··· STUDY MATERIAL ···

ghost use Rattle.finder.specs.Meaning.{FollowsBytes, Heard};

use crate::finder::Finder;

// Rests the finder, takes the bytes in order, and answers which words they end with: the last mask, and none where there are no bytes.
pub fn hear<F: Finder>(finder: &mut F, bytes: &[u8]) -> u64
    ensures heard { Heard F.Finder finder.old bytes.now finder.new result }
    ensures law { FollowsBytes F.Finder finder.old bytes.now finder.new result }
{
    finder.rest();
    let mut answer = 0;
    for b in bytes {
        answer = finder.take(*b);
    }
    answer
}
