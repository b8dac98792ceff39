// Finders: what any way to find many words promises byte by byte, two of them side by side, and the law that ties them to the bytes.
#![tactic(auto)]

mod finder;
mod law;
mod pair;

pub use self::finder::{Finder, MOST_WORDS};
pub use law::hear;
pub use pair::Pair;
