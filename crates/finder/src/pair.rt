ghost use Rattle.finder.specs.Joined.{joined, joined-begun, joined-few, joined-paired, joined-sized};

use crate::finder::{Finder, MOST_WORDS};

// Two finders as one: the words of the left, then those of the right, up to the limit.
#[derive(Drop)]
pub struct Pair<A, B> {
    pub left: A,
    pub right: B,
}

impl<A: Finder, B: Finder> Finder for Pair<A, B> {
    ghost words = { λ s. joined (A.Finder.words s.left) (B.Finder.words s.right) };

    ghost halves = { λ s. joined (A.Finder.halves s.left) (B.Finder.halves s.right) };

    ghost few = { λ s. joined-few (A.Finder.words s.left) (B.Finder.words s.right) };

    ghost sized = { λ s. joined-sized (A.Finder.words s.left) (B.Finder.words s.right) (A.Finder.sized s.left) (B.Finder.sized s.right) };

    ghost paired = { λ s. joined-paired (A.Finder.words s.left) (A.Finder.halves s.left) (B.Finder.words s.right) (B.Finder.halves s.right) (A.Finder.paired s.left) (B.Finder.paired s.right) };

    ghost begun = { λ s. joined-begun (A.Finder.words s.left) (A.Finder.halves s.left) (B.Finder.words s.right) (B.Finder.halves s.right) (A.Finder.paired s.left) (B.Finder.paired s.right) (A.Finder.begun s.left) (B.Finder.begun s.right) };

    fn rest(&mut self) {
        self.left.rest();
        self.right.rest();
    }

    // A full left side leaves no bit to the right side.
    fn take(&mut self, b: u8) -> u64 {
        let before = self.left.count();
        let left = self.left.take(b);
        let right = self.right.take(b);
        if before >= MOST_WORDS {
            return left;
        }
        left | (right << before)
    }

    fn count(&self) -> usize {
        (self.left.count() + self.right.count()).min(MOST_WORDS)
    }

    // The side of a word is chosen in place, here and in `byte_of`: naming it would take more lines than the two choices.
    fn length_of(&self, k: usize) -> usize {
        let before = self.left.count();
        if k >= MOST_WORDS {
            0
        } else if k < before {
            self.left.length_of(k)
        } else {
            self.right.length_of(k - before)
        }
    }

    fn byte_of(&self, k: usize, i: usize) -> u8 {
        let before = self.left.count();
        if k >= MOST_WORDS {
            0
        } else if k < before {
            self.left.byte_of(k, i)
        } else {
            self.right.byte_of(k - before, i)
        }
    }
}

···

The response must repeat exactly the lines from the top of the material through the line containing "pub use pair::Pair;", both included, with no other output.

ghost use Rattle.finder.specs.Meaning.{FollowsBytes, Heard};

use crate::finder::Finder;

// Rests the finder, takes the bytes in order, and answers which words they end with: the last mask, and none where there are no bytes.
pub fn hear<F: Finder>(finder: &mut F, bytes: &[u8]) -> u64
    ensures heard { Heard F.Finder finder.old bytes.now finder.new result }
    ensures law { FollowsBytes F.Finder finder.old bytes.now finder.new result }
{
    finder.rest();
    let mut answer = 0;
    for b in bytes {
        answer = finder.take(*b);
    }
    answer
}
repository b8dac98792ceff39
// Finders: what any way to find many words promises byte by byte, two of them side by side, and the law that ties them to the bytes.
#![tactic(auto)]

mod finder;
mod law;
mod pair;

pub use self::finder::{Finder, MOST_WORDS};
pub use law::hear;
pub use pair::Pair;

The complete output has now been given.